What a selfish move by a guy considered one of the greatest teammates in all of sports. Despicable. And to think I just bought his new fragrance. Now I’ll have to go out on the town smelling like BETRAYAL.

Wait, Deadspin is now reporting that it turns out this was all a hoax. The Yankees official Facebook account was HACKED.

Now, I know these hacking excuses when I see them, though. Every athlete does this to get out of trouble. Jeter probably just realized the error of his ways and told the Yankees to call FOUL PLAY.

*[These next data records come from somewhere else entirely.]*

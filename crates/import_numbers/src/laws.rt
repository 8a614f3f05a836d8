//! What holds of records that are finished.

ghost use Rattle.std.specs.Prelude.{◌≡◌, ℕ, List, Option, Some};
ghost use Rattle.archive_state.specs.declared.changes.Numbered.{Numbered};
ghost use Rattle.record_kinds.specs.declared.record.Record.{Record};
ghost use Rattle.import_definitions.specs.Numbers as numbers;
ghost use Rattle.import_numbers.specs.Placed.{IsFound, finished_at};

/// A record that is finished with the place that is found for its path, once all numbers are drawn, is that of the
/// batch.
pub fn a_finished_record_is_that_of_the_batch()
    ensures { (w : numbers.Places) (d : numbers.Drawing) (n owner : ℕ) (r : Record) (path : Option (List ℕ))
        (found : Option numbers.Found) → IsFound w d path found
        → (numbers.finished w d (numbers.of_file n owner r path)).«record» ≡ finished_at d.roots owner path found r }
{}
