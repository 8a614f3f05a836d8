//! The room.

ghost use Rattle.std.specs.Prelude.{◌≡◌, IfOk, not};
ghost use Rattle.room_requests.specs.Asked.{is_head as is_head_of};
ghost use Rattle.html_answers.specs.Answers as answers;
ghost use Rattle.html_answers.specs.Asked.{asked_by};
ghost use Rattle.html_answers.specs.Replies.{refusal as refusal_of};

use crate::asked::{HtmlAsked, read_request};
use crate::replies::{Media, refusal, reply};
use crate::showing::{HtmlFound, show};
use html_lists::HtmlLists;
use html_parts::Words;
use http::StatusCode;
use room_requests::{Answering, Head, HeadRead, is_head};
use std::alloc::{AllocError, Global};

/// A room where pages of HTML of a masked state lie open.
#[derive(Drop)]
pub struct HtmlRoom {
    pub lists: HtmlLists,
    /// A name by which the room may be asked for, beside those of this machine.
    pub host: Option<Words>,
}

impl Answering for HtmlRoom {
    ghost use Rattle.std.specs.Prelude.{⊤};

    ghost answers = { λ r. answers.answer_to r.lists.state.records r.lists.society r.host };

    ghost is_honest = { λ r. ⊤ };

    fn answer(&self, alloc: Global, shown: HeadRead) -> Result<Vec<u8>, AllocError> {
        match shown {
            HeadRead::Nothing => Ok(Vec::new(alloc)),
            HeadRead::Malformed => refuse(alloc, &self.lists, StatusCode::BAD_REQUEST, true),
            HeadRead::TooLarge => refuse(
                alloc,
                &self.lists,
                StatusCode::REQUEST_HEADER_FIELDS_TOO_LARGE,
                true,
            ),
            HeadRead::Whole(head) => answer_head(alloc, self, &head),
        }
    }
}

/// What the room of a society refuses a request with.
fn refuse(
    alloc: Global,
    lists: &HtmlLists,
    status: StatusCode,
    with_page: bool,
) -> Result<Vec<u8>, AllocError>
    ensures { IfOk result (λ bytes. bytes.items ≡ refusal_of lists.now.society status with_page) }
{
    refusal(alloc, lists.society(), status, with_page)
}

/// The answer to a whole head.
fn answer_head(alloc: Global, room: &HtmlRoom, head: &Head) -> Result<Vec<u8>, AllocError>
    ensures { IfOk result (λ bytes. bytes.items ≡ answers.answer_of room.now.lists.state.records
        room.now.lists.society (asked_by room.now.host head.now) (not (is_head_of head.now))) }
{
    let with_page = !is_head(head);
    match read_request(alloc, &room.host, head)? {
        HtmlAsked::Refused(status) => refuse(alloc, &room.lists, status, with_page),
        HtmlAsked::Page { page, query } => {
            let found = show(alloc, &room.lists, page, &query)?;
            answer_page(alloc, room.lists.society(), &found, with_page)
        }
    }
}

/// The answer of what is found of a page.
fn answer_page(
    alloc: Global,
    society: &Words,
    found: &HtmlFound,
    with_page: bool,
) -> Result<Vec<u8>, AllocError>
    ensures { IfOk result (λ bytes. bytes.items ≡ answers.page_answer society.now found.now with_page) }
{
    match found {
        HtmlFound::Page(text) => {
            reply(alloc, StatusCode::OK, Media::Html, text.as_str(), with_page)
        }
        HtmlFound::Style(text) => {
            reply(alloc, StatusCode::OK, Media::Css, text.as_str(), with_page)
        }
        HtmlFound::NotShown => refusal(alloc, society, StatusCode::NOT_FOUND, with_page),
        HtmlFound::WrongQuery => refusal(alloc, society, StatusCode::BAD_REQUEST, with_page),
    }
}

Ah crap, maybe not. It turns out today was National Hack MLB Teams’ Facebook Accounts Day. There’s a skilled hacker on the loose! You can check the rest of them out here. My favorite:

No internet joke is complete without taking a poop on Pitbull. Ok, fine, so I don’t know if this actually had to do with Pitbull, or just pit bulls. Regardless, Pitbull is the worst. I heard his ancestors started the Plague. I heard he is Ed Hardy. I heard he doesn’t wash his hands after dinner.

Unfortunately, no word on the identity of the hacker(s). For now, I’m picturing Master Hacker David Stern sitting in his basement lair, at his desk, leaning back in his gold-encrusted swivel chair, cackling thunderously.